Texas rules for small estates during probate

4 min read

Do you qualify for the small estate affidavit option in Texas?

  • Texas law offers an expedited path through probate for estates that meet two criteria: They are valued below $75,000 and there is no will.

  • Non-probate assets are not included in the $75,000 threshold for small estates.

  • Since Texas is a community property states, real estate may pass to a beneficiary outside of probate—which is typically the largest asset a person owns.

  • You can file a small estate affidavit as soon as 30 days after your loved one's death to settle your loved one's affairs without court supervision.

Like many states, Texas allows you to take a shorter route through probate if your loved one's estate is below a certain value threshold. In Texas, that value is $75,000.

Unlike other states, however, Texas has an additional requirement to qualify as a small estate: Your loved one must not have left a will. Since a majority of American die without writing a will, the small estate option for probate is a viable one for many families.

But if the estate meets these two requirements, instead of spending months or years in probate, you can submit a Small Estate Affidavit to transfer your loved one's assets to the heirs who are inheriting them.

How do you determine if the value is below $75,000? Keep in mind that some valuable assets can bypass probate and are not calculated in this value (including, in many cases, real estate—since Texas is a community property state).

Determining the value of the estate

When you calculate estate value, you are only including assets that will go through probate. Non-probate assets—such as life insurance policies, payable-on-death accounts, survivor’s benefits, joint tenancy property, and community property—are not part of the valuation.

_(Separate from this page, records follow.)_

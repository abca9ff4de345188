ghost use Rattle.std.specs.Prelude.{◌≡◌, ◌<◌, ◌≤◌, ◌^◌, ℕ, [], length, map, max, slice_index, IfOk, IfErr, IsTrue};
ghost use Rattle.tf_core.specs.Sorts.{sorts};
ghost use Rattle.tf_core.specs.Sound.{is_monomorphic, IsSoundNormal};
ghost use Rattle.tf_core.specs.TypedTables.{AreNormalModel, reading};
ghost use Rattle.tf_models.specs.Reading.{tables};
ghost use Rattle.tf_models.specs.Evaluation.{size_in, IsReady};
ghost use Rattle.enc_base.specs.Counts.{most_entries};
ghost use Rattle.enc_marks.specs.declared.choices.Domain.TheVariants.{Collapsed};
ghost use Rattle.enc_marks.specs.declared.choices.Marking.TheVariants.{ByType, BySort};
ghost use Rattle.enc_marks.specs.Encoded as encoding;
ghost use Rattle.enc_laws.specs.CollapsedStructure.{collapsed_size, greatest};
ghost use Rattle.enc_models.specs.Lowered.{lowered, lowered_entries, IsRefused};
ghost use Rattle.enc_models.specs.Bare.{WritesTypeArguments};
ghost use Rattle.enc_models.specs.Calls.Sources.{AreKeptTypes};
ghost use Rattle.enc_models.specs.Calls.Collapsing.{domain_of};

use crate::blocks::blocks_of_marks;
use crate::collapsing::Collapsing;
use crate::sort_sizes::{greatest_sort_size, sizes_of_sorts};
use enc_base::{List, NoMemory};
use enc_marks::{Choices, Encoded, Marking, Refusal};
use fof_models::Structure;
use std::alloc::Global;
use structure_tables::{tabulate, untyped_entries};
use tf_collapse::Collapse;
use tf_core::Normal;
use tf_models::TypedStructure;

/// The most numbers that the tables of a structure may hold.
const MOST_ENTRIES: u64 = 67_108_864;

/// The untyped model that a typed model of a normal problem gives of its translation, over the
/// collapsed domain: for choices that write each type argument and have no guard and no tag; and for
/// choices by which each sort has a guard or tag of its own, or none, where the problem has no type
/// variables. A number beyond a sort's size is read as its first element.
///
/// Refused where the tables would hold more than 67,108,864 numbers. They are counted first, and
/// nothing is made for a model that is refused.
pub fn lower_collapsed<C: Choices>(
    alloc: Global,
    choices: &C,
    normal: &Normal,
    encoded: &Encoded,
    model: &TypedStructure,
) -> Result<Structure, Refusal>
    requires collapsed { (C.choices choices.now).domain ≡ Collapsed }
    requires by_type { (C.choices choices.now).marking ≡ ByType
        → WritesTypeArguments (C.choices choices.now) }
    requires by_sort { (C.choices choices.now).marking ≡ BySort
        → IsTrue (is_monomorphic normal.now) }
    requires sound { IsSoundNormal normal.now }
    requires encoded { encoded.now ≡ encoding.encoded (C.choices choices.now) normal.now }
    requires model { AreNormalModel normal.now (tables model.now) }
    requires few { length model.now.sizes < 2 ^ 32 }
    ensures exact { IfOk result (λ s. s
        ≡ lowered (C.choices choices.now) normal.now (tables model.now)) }
    ensures within { IfOk result (λ s. lowered_entries (C.choices choices.now) normal.now
        (tables model.now) ≤ most_entries) }
    ensures refused { IfErr result
        (IsRefused (C.choices choices.now) normal.now (tables model.now)) }
{
    let size = size_of_domain(alloc, choices, normal, model);
    let entries = untyped_entries(size as u64, encoded.problem.signature.as_slice());
    if entries > MOST_ENTRIES {
        return Err(Refusal::TableTooLarge { entries });
    }
    match collapsed_tables(alloc, choices, normal, encoded, model, size) {
        Ok(made) => Ok(made),
        Err(NoMemory) => Err(Refusal::Memory),
    }
}

// how many numbers the domain has; it is found without memory
fn size_of_domain<C: Choices>(
    alloc: Global,
    choices: &C,
    normal: &Normal,
    model: &TypedStructure,
) -> u32
    requires by_sort { (C.choices choices.now).marking ≡ BySort
        → IsTrue (is_monomorphic normal.now) }
    requires sound { IsSoundNormal normal.now }
    requires ready { IsReady normal.now.signature model.now }
    ensures { result ≡ collapsed_size (C.choices choices.now).marking normal.now
        (reading normal.now.signature (tables model.now)) }
{
    match choices.marking() {
        Marking::ByType => greatest_or_count(model.sizes.as_slice()),
        Marking::BySort => greatest_sort_size(alloc, normal, model),
    }
}

// the tables over a domain of this size, of any structure that fits the signature
pub(crate) fn collapsed_tables<C: Choices>(
    alloc: Global,
    choices: &C,
    normal: &Normal,
    encoded: &Encoded,
    model: &TypedStructure,
    size: u32,
) -> Result<Structure, NoMemory>
    requires collapsed { (C.choices choices.now).domain ≡ Collapsed }
    requires by_type { (C.choices choices.now).marking ≡ ByType
        → WritesTypeArguments (C.choices choices.now) }
    requires by_sort { (C.choices choices.now).marking ≡ BySort
        → IsTrue (is_monomorphic normal.now) }
    requires sound { IsSoundNormal normal.now }
    requires ready { IsReady normal.now.signature model.now }
    requires encoded { encoded.now ≡ encoding.encoded (C.choices choices.now) normal.now }
    requires size { size ≡ collapsed_size (C.choices choices.now).marking normal.now
        (reading normal.now.signature (tables model.now)) }
    ensures { IfOk result (λ s. s ≡ lowered (C.choices choices.now) normal.now (tables model.now)) }
{
    keeps_types(choices);
    let domain = collapsed_domain(alloc, size, model.sizes.as_slice())?;
    let sort_sizes = sizes_where_marked(alloc, choices, normal, model)?;
    let marks = encoded.marks.as_slice();
    let blocks = blocks_of_marks(alloc, &normal.signature, model, marks)?;
    let collapsing = Collapsing {
        choices,
        normal,
        encoded,
        model,
        domain: &domain,
        sort_sizes: sort_sizes.as_slice(),
        blocks: blocks.as_slice(),
    };
    tabulate(alloc, encoded.problem.signature.as_slice(), &collapsing)
}

// all type arguments are written, those without a cover, or none
fn keeps_types<C: Choices>(choices: &C)
    ensures { AreKeptTypes (C.choices choices.now) }
{
    choices.keeps();
}

// the sizes of the members that sorts are, where each sort has a mark of its own
fn sizes_where_marked<C: Choices>(
    alloc: Global,
    choices: &C,
    normal: &Normal,
    model: &TypedStructure,
) -> Result<List<u32>, NoMemory>
    requires by_sort { (C.choices choices.now).marking ≡ BySort
        → IsTrue (is_monomorphic normal.now) }
    requires sound { IsSoundNormal normal.now }
    requires ready { IsReady normal.now.signature model.now }
    ensures { IfOk result (λ sizes. (C.choices choices.now).marking ≡ BySort →
        sizes ≡ map (size_in model.now []) (sorts normal.now)) }
{
    match choices.marking() {
        Marking::ByType => Ok(List::new(alloc)),
        Marking::BySort => sizes_of_sorts(alloc, normal, model),
    }
}

// the collapsed domain of so many numbers, over members of these sizes
fn collapsed_domain(alloc: Global, size: u32, sizes: &[u32]) -> Result<Collapse, NoMemory>
    requires some { 0 < size }
    requires inhabited { (m : ℕ) → m < length sizes.now → 0 < slice_index sizes.now m }
    ensures { IfOk result (λ domain. domain ≡ domain_of size sizes.now) }
{
    let mut within = List::new(alloc);
    for own in sizes {
        within.push((*own).min(size))?;
    }
    Ok(Collapse::new(size, within))
}

// the greater of the number of members and the greatest of their sizes
fn greatest_or_count(sizes: &[u32]) -> u32
    requires few { length sizes.now < 2 ^ 32 }
    ensures exact { result ≡ max (length sizes.now) (greatest sizes.now) }
{
    let mut size = sizes.len() as u32;
    for own in sizes {
        size = size.max(*own);
    }
    size
}
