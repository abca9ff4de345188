//! How many numbers the tables of a structure hold whose members are sorts.

ghost use Rattle.std.specs.Prelude.{◌≡◌, map, length, IfOk, OnOk};
ghost use Rattle.std.specs.List.{AllByRecursion};
ghost use Rattle.enc_base.specs.Counts.{in_64_bits};
ghost use Rattle.enc_base.specs.Tables.{tuple_count};
ghost use Rattle.enc_models.specs.Calls.SortNumbers.{sizes_among, count_over_sorts, AreAmong, AreNumbered};

use crate::sort_numbers::SortNumbers;
use enc_base::NoMemory;
use structure_tables::{add_sizes, entries_of_constructors};
use tf_core::{Signature, Ty};

/// How many numbers the tables hold of a structure whose members are sorts of these sizes, the
/// sizes counted in, or 2^64 - 1 where there are more. Nothing of their number is made.
pub(crate) fn entries_over_sorts(
    signature: &Signature,
    sizes: &[u32],
    sorts: &[Ty],
    numbers: &mut SortNumbers,
) -> Result<u64, NoMemory>
    requires sizes { length sizes.now ≡ length sorts.now }
    requires among { AllByRecursion (λ symbol. AreAmong sorts.now symbol.arguments)
        signature.now.symbols }
    requires numbered { AreNumbered numbers.old (length sorts.now) sorts.now }
    ensures exact { IfOk result (λ entries. entries
        ≡ in_64_bits (count_over_sorts signature.now sizes.now sorts.now)) }
    ensures kept { OnOk result (AreNumbered numbers.new (length sorts.now) sorts.now) }
{
    let members = add_sizes(sizes);
    let constructors = entries_of_constructors(sizes, signature.constructors.as_slice());
    let mut entries = members.saturating_add(constructors);
    for symbol in signature.symbols.as_slice() {
        let more = entries_of_arguments(symbol.arguments.as_slice(), sizes, sorts, numbers)?;
        entries = entries.saturating_add(more);
    }
    Ok(entries)
}

// how many tuples of elements there are for arguments of these sorts, or 2^64 - 1 where there are
// more
fn entries_of_arguments(
    types: &[Ty],
    sizes: &[u32],
    sorts: &[Ty],
    numbers: &mut SortNumbers,
) -> Result<u64, NoMemory>
    requires sizes { length sizes.now ≡ length sorts.now }
    requires among { AreAmong sorts.now types.now }
    requires numbered { AreNumbered numbers.old (length sorts.now) sorts.now }
    ensures exact { IfOk result (λ entries. entries
        ≡ in_64_bits (tuple_count (sizes_among sorts.now sizes.now types.now))) }
    ensures kept { OnOk result (AreNumbered numbers.new (length sorts.now) sorts.now) }
{
    let mut entries = 1u64;
    for ty in types {
        let number = numbers.number(ty)?;
        entries = entries.saturating_mul(sizes[number as usize] as u64);
    }
    Ok(entries)
}
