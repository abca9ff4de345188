ghost use Rattle.std.specs.Prelude.{◌≡◌, ◌≤◌, IfOk, IfErr, IsTrue};
ghost use Rattle.tf_core.specs.Sound.{is_monomorphic, IsSoundNormal};
ghost use Rattle.tf_core.specs.Structures.{IsStructure};
ghost use Rattle.tf_models.specs.Reading.{tables};
ghost use Rattle.enc_base.specs.Counts.{most_entries};
ghost use Rattle.fof_models.specs.Models.{AreModel};
ghost use Rattle.enc_marks.specs.declared.choices.Binding.TheVariants.{ByTag};
ghost use Rattle.enc_marks.specs.declared.choices.Elements.TheVariants.{Image};
ghost use Rattle.enc_marks.specs.declared.choices.Marking.TheVariants.{BySort};
ghost use Rattle.enc_marks.specs.Encoded as encoding;
ghost use Rattle.enc_models.specs.Calls.Lifting.{IsCounted};
ghost use Rattle.enc_models.specs.LiftedTables.{lifted_structure, lifted_tables, lifted_entries, IsLiftRefused};

use crate::lifted_sorts::lifted_by_sort;
use crate::lifted_types::lifted_by_type;
use enc_base::NoMemory;
use enc_marks::{Choices, Encoded, Marking, Refusal};
use fof_models::Structure;
use std::alloc::Global;
use tf_core::Normal;
use tf_models::TypedStructure;

/// The most numbers that the tables of a structure may hold.
pub(crate) const MOST_ENTRIES: u64 = 67_108_864;

/// The typed model that an untyped model of a translation gives of the normal problem. Its members
/// are the numbers of the domain where the guard or tag has the type as an argument, and else the
/// sorts.
///
/// Refused where the tables would hold more than 67,108,864 numbers. They are counted first, and
/// no table is made for a model that is refused.
pub fn lift<C: Choices>(
    alloc: Global,
    choices: &C,
    normal: &Normal,
    encoded: &Encoded,
    model: &Structure,
) -> Result<TypedStructure, Refusal>
    requires monomorphic { (C.choices choices.now).marking ≡ BySort
        → IsTrue (is_monomorphic normal.now) }
    requires tagged { (C.choices choices.now).elements ≡ Image
        → (C.choices choices.now).binding ≡ ByTag }
    requires sound { IsSoundNormal normal.now }
    requires encoded { encoded.now ≡ encoding.encoded (C.choices choices.now) normal.now }
    requires model { AreModel encoded.now.problem model.now }
    requires fits { IsStructure normal.now.signature
        (lifted_structure (C.choices choices.now) normal.now model.now) }
    ensures exact { IfOk result (λ t. tables t
        ≡ lifted_tables (C.choices choices.now) normal.now model.now) }
    ensures within { IfOk result (λ t. lifted_entries (C.choices choices.now) normal.now model.now
        ≤ most_entries) }
    ensures refused { IfErr result (IsLiftRefused (C.choices choices.now) normal.now model.now) }
{
    match lifted_or_count(alloc, choices, normal, encoded, model) {
        Ok(Lifted::Made(made)) => Ok(made),
        Ok(Lifted::TooLarge(entries)) => Err(Refusal::TableTooLarge { entries }),
        Err(NoMemory) => Err(Refusal::Memory),
    }
}

/// A lifted structure, or how many numbers its tables would hold.
#[derive(Drop)]
pub(crate) enum Lifted {
    Made(TypedStructure),
    TooLarge(u64),
}

// the tables, or their count
fn lifted_or_count<C: Choices>(
    alloc: Global,
    choices: &C,
    normal: &Normal,
    encoded: &Encoded,
    model: &Structure,
) -> Result<Lifted, NoMemory>
    requires monomorphic { (C.choices choices.now).marking ≡ BySort
        → IsTrue (is_monomorphic normal.now) }
    requires tagged { (C.choices choices.now).elements ≡ Image
        → (C.choices choices.now).binding ≡ ByTag }
    requires sound { IsSoundNormal normal.now }
    requires encoded { encoded.now ≡ encoding.encoded (C.choices choices.now) normal.now }
    requires model { AreModel encoded.now.problem model.now }
    requires fits { IsStructure normal.now.signature
        (lifted_structure (C.choices choices.now) normal.now model.now) }
    ensures { IfOk result (IsCounted normal.now.signature
        (lifted_structure (C.choices choices.now) normal.now model.now)) }
{
    let marks = encoded.marks.as_slice();
    match choices.marking() {
        Marking::ByType => lifted_by_type(alloc, choices, normal, marks, model),
        Marking::BySort => lifted_by_sort(alloc, choices, normal, marks, model),
    }
}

What must go through probate is cash, stocks and bonds, personal belongings, and property that doesn’t have survivorship. (Since Texas is a community property state, in general spouses are considered to have joint right of survivorship, meaning any property acquired during the marriage is inherited by the surviving spouse.)

Having a professional appraiser evaluate your loved one’s belongings to establish fair market value will make sure you have all the detailed information you need in regard to the estate’s worth.

If your loved one did not leave a will and the estate’s assets are valued below $75,000, then by Texas law full probate isn’t necessary.

That amount is necessary not only in deducing whether probate is necessary, but in making sure there are enough in assets to cover any potential creditors. When someone passes away, creditors have a right to try to collect on any debts and an estate that hasn’t been professionally and properly appraised could run the risk of fraud charges.

Should anyone question the worth of the estate, you’ll have the appraisal paperwork to prove the amount is what you say it is at the time of your loved one’s death.

In addition to the non-probate assets already discussed, there are other assets that do not count toward the value of the estate. For example, the homestead—a residential structure that is owned (or partially owned) and is a main residence—is exempt. You'll need to have a Texas-issued ID card that matches the address of the homestead in question for this exemption to be used.

These exemptions also extend to those who passed away at 65 or older (their spouse’s homestead is exempt), those with disabilities who qualify for Social Security payments, and spouses of veterans who were killed in the line of duty.  

If the estate is under the threshold

If your loved one did not leave a will and the estate's assets are valued below $75,000, then by Texas law full probate isn’t necessary. In these cases, the executor or beneficiaries just need a small estate affidavit in order to collect assets. You can file the affidavit as soon as 30 days after your loved one's death.

Keep in mind, the only people who can file a small estate affidavit in Texas are those who would normally inherit under the state laws for estates without a will, also known as intestate laws: a spouse, an adult child, or another next of kin, for instance.

Included in the affidavit will be a list of all assets as well as debts, a list of assets that you claim are exempt, and names and contact information of each heir, as well as their relationship to the person who has passed away.

This final piece of the affidavit is to ensure that what you claim is yours is actually yours and there’s no dispute over this claim among the other heirs. 

The affidavit must then be signed by each heir and two witnesses who aren’t in line to inherit anything. Once the probate judge approves the affidavit, and the institution that’s holding your inherited asset of the estate receives it (along with a copy of the death certificate), the asset will be yours.

It's important to remember that you'll still need to contact creditors and pay any debts the estate owes, and in general, settle your loved one's financial and legal affairs. It just means you can do it without court supervision, so that you can honor your loved one by settling their affairs quickly and effectively.